As narrativas de Roth são bem lineares. A novela que dá título ao livro, por exemplo, conta a história da descoberta e da trajetória de um amor entre dois jovens judeus americanos de forma bem clássica: início, meio e fim; introdução, desenvolvimento e clímax; apenas uma voz narrando em primeira pessoa e etc. O que é sempre um descanso, um alívio das formas intricadas e complexas que a literatura pós-moderna utiliza. De vez em quando eu gosto de pegar um livro que conte uma história assim pra ler, linear e inteligentemente.

Já o romance de Foer tem duas vozes narrativas diferentes, se utiliza de duas instâncias de relatos, além de cartas, e intercala uma história no presente e uma no passado. Tudo para contar a história do personagem com o mesmo nome do autor, um escritor americano que vai para a Ucrânia atrás da história de sua família e do povoado de origem, Trachimbrod. A narração dessa aventura é feita pelo guia ucraniano de Jonathan, chamado Alexander Perchov, que não sabe inglês muito bem. Por isso essa parte do livro é cheia de pequenos erros engraçados de (devido à tradução) português. Ele por exemplo chama dinheiro de moeda-corrente o tempo todo, ou em vez de dizer que têm insônia diz que "permanece consciente com bastante atraso".
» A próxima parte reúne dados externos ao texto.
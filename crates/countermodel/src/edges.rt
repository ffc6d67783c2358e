//! Pairs from the edges among facts.
ghost use Rattle.axioms.specs.WellFormedness.{AreDistinct};
ghost use Rattle.countermodel.specs.Edges.{AddsPairs, IsAboveIn, IsGiven, IsGivenBy, IsWith};
ghost use Rattle.countermodel.specs.Keys.{HasPair};
ghost use Rattle.countermodel.specs.Ranges.{Within};
ghost use Rattle.countermodel.specs.declared.pair.Pair.{Pair as Pair2};
ghost use Rattle.std.specs.Prelude.{◌↔◌, ◌≡◌, IfOk, OnOk, length};

use crate::elements::Elements;
use crate::keys::key_of;
use crate::pair::{Pair, PairRange};
use axioms::Memory;
use facts::{Fact, StoredFact};
use normal_forms::PropId2;
use number_sets::OpenLists;
use property_closure::PropertyClosure;
use std::alloc::Global;

/// What pairs are made of.
#[derive(Clone, Copy)]
pub(crate) struct Edges<'a> {
    pub alloc: Global,
    pub closure: &'a PropertyClosure,
    pub elements: &'a Elements,
    pub facts: &'a [StoredFact],
    /// How many properties there are.
    pub properties: usize,
}

/// Adds the pair with the property, where it is one and the pair is in the range.
fn add_with(
    keys: &mut OpenLists<u64>,
    range: &PairRange,
    property: PropId2,
    pair: Pair,
) -> Result<(), Memory>
    ensures long { length keys.new ≡ length keys.old }
    ensures added { OnOk result (AddsPairs (Within (length keys.old) range.now (IsWith property pair)) keys.old keys.new) }
{
    let PropId2::Property(property) = property else {
        return Ok(());
    };
    let pair = Pair {
        property,
        source: pair.source,
        target: pair.target,
    };
    if range.contains(pair) {
        keys.push(property.index(), key_of(pair))?;
    }
    Ok(())
}

/// Adds for each property at or above that of the pair the same pair, of those in the range.
fn add_above(
    keys: &mut OpenLists<u64>,
    range: &PairRange,
    closure: &PropertyClosure,
    pair: Pair,
) -> Result<(), Memory>
    ensures long { length keys.new ≡ length keys.old }
    ensures added { OnOk result (AddsPairs (Within (length keys.old) range.now (IsAboveIn closure.now pair)) keys.old keys.new) }
{
    for above in closure.supers(PropId2::Property(pair.property)) {
        add_with(keys, range, *above, pair)?;
    }
    Ok(())
}

/// Adds the pairs that the fact gives, of those in the range. A prefix of a chain gives none, since no property is above it.
#[inline(always)]
pub(crate) fn add_fact(
    keys: &mut OpenLists<u64>,
    range: &PairRange,
    closure: &PropertyClosure,
    elements: &Elements,
    fact: Fact,
) -> Result<(), Memory>
    requires { AreDistinct elements.now }
    ensures long { length keys.new ≡ length keys.old }
    ensures added { OnOk result (AddsPairs (Within (length keys.old) range.now (IsGivenBy closure.now elements.now fact)) keys.old keys.new) }
{
    let Fact::Edge(x, property, y) = fact else {
        return Ok(());
    };
    let PropId2::Property(property) = property else {
        return Ok(());
    };
    let Some(source) = elements.element(x) else {
        return Ok(());
    };
    let Some(target) = elements.element(y) else {
        return Ok(());
    };
    let pair = Pair {
        property,
        source,
        target,
    };
    add_above(keys, range, closure, pair)?;
    Ok(())
}

/// For each property the numbers of those of its pairs that are in the range and that the facts give, in any order, some of them more
/// than once.
pub(crate) fn keys_of(edges: &Edges<'_>, range: &PairRange) -> Result<OpenLists<u64>, Memory>
    requires { AreDistinct edges.now.elements.now }
    ensures long { IfOk result (λ lists. length lists ≡ edges.now.properties) }
    ensures exact { IfOk result
        (λ lists. (p : Pair2) → HasPair lists p ↔ Within edges.now.properties range.now (IsGiven edges.now.closure.now edges.now.elements.now edges.now.facts.now) p) }
{
    let mut keys = OpenLists::new(edges.alloc, edges.properties)?;
    for fact in edges.facts {
        add_fact(&mut keys, range, edges.closure, edges.elements, fact.get())?;
    }
    Ok(keys)
}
A outra parte do romance é a história do povoado (shteltl - em iídiche) de Trachimbrod através dos séculos, até o nazismo chegar aos seus limites e interrompê-la. Trachimbrod parece uma Macondo judia e européia, e a história é cheia de momentos que se aproximam bastante do realismo fantástico, como o Livro de Sonhos Recorrentes, onde os moradores do shteltl escrevem os seus sonhos.

Entre essas partes do livro se interpõem cartas de Alexander para Jonathan, que em alguns momentos são desnecessárias, explicando demais alguns aspectos do romance, mas que em outros momentos são extremamente comoventes, transformando o guia ucraniano, definitivamente, no grande personagem do livro.
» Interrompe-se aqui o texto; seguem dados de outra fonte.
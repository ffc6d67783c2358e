//! Sets of contexts.
ghost use Rattle.closure.specs.Denotations.{context_of};
ghost use Rattle.countermodel.specs.Sets.{holds, with_context};
ghost use Rattle.std.specs.Prelude.{◌≡◌, IfOk, false, replicate};

use axioms::Memory;
use facts::Context;
use number_sets::EpochSet;
use std::alloc::Global;

/// A set of contexts whose numbers are below bounds.
#[derive(Drop)]
pub(crate) struct ContextSet {
    pub expressions: EpochSet,
    pub individuals: EpochSet,
}

impl ContextSet {
    /// The empty set, for so many expressions and individuals.
    pub(crate) fn new(
        alloc: Global,
        expressions: usize,
        individuals: usize,
    ) -> Result<ContextSet, Memory>
        ensures { IfOk result (λ s. s ≡ record { expressions = replicate expressions false; individuals = replicate individuals false }) }
    {
        let expressions = EpochSet::new(alloc, expressions)?;
        let individuals = EpochSet::new(alloc, individuals)?;
        Ok(ContextSet {
            expressions,
            individuals,
        })
    }

    /// Adds the context, if its number is below the bound.
    pub(crate) fn put(&mut self, context: Context)
        ensures { self.new ≡ with_context self.old context }
    {
        match context {
            Context::Expr(expression) => {
                self.expressions.put(expression.index());
            }
            Context::Individual(individual) => {
                self.individuals.put(individual.index());
            }
        }
    }

    pub(crate) fn contains(&self, context: Context) -> bool
        ensures { result ≡ holds self.now (context_of context) }
    {
        match context {
            Context::Expr(expression) => self.expressions.contains(expression.index()),
            Context::Individual(individual) => self.individuals.contains(individual.index()),
        }
    }
}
Por mais que a busca pela reconciliação de Foer (personagem) com sua família e também com seu povo seja essencial para o desenvolvimento do romance, ela também não deixa de ser um "pretexto", na verdade um contexto, para que sejam contadas as relações familiares e pessoais que ligam esses personagens. Nisso, Tudo se ilumina se aproxima de Adeus, Columbus. Na novela principal do livro, o judaísmo e as diferenças entre judeus pobres e ricos, conservadores e ortodoxos, servem como uma espécie de infra-estrutura que baseia o romance entre os personagens principais, Neil Klugman e Brenda Patimkin, e seus relacionamentos familiares (nesse aspecto há uma personagem memorável, a tia de Neil, Tia Gladys, supra-sumo da super-proteção mal-humorada).

Ambos os livros também compartilham o efeito de nos motivar a ler mais obras dos autores. Do consagrado Roth fica a felicidade de saber que existem muitas obras consideradas ainda melhores que Adeus, Columbus para desfrutarmos. De Safran Foer, a expectativa do que vem por aí (o seu segundo romance: Extremamente alto & incrivelmente perto já foi lançado no Brasil).

Mesmo sabendo o que os judeus andam fazendo com os palestinos.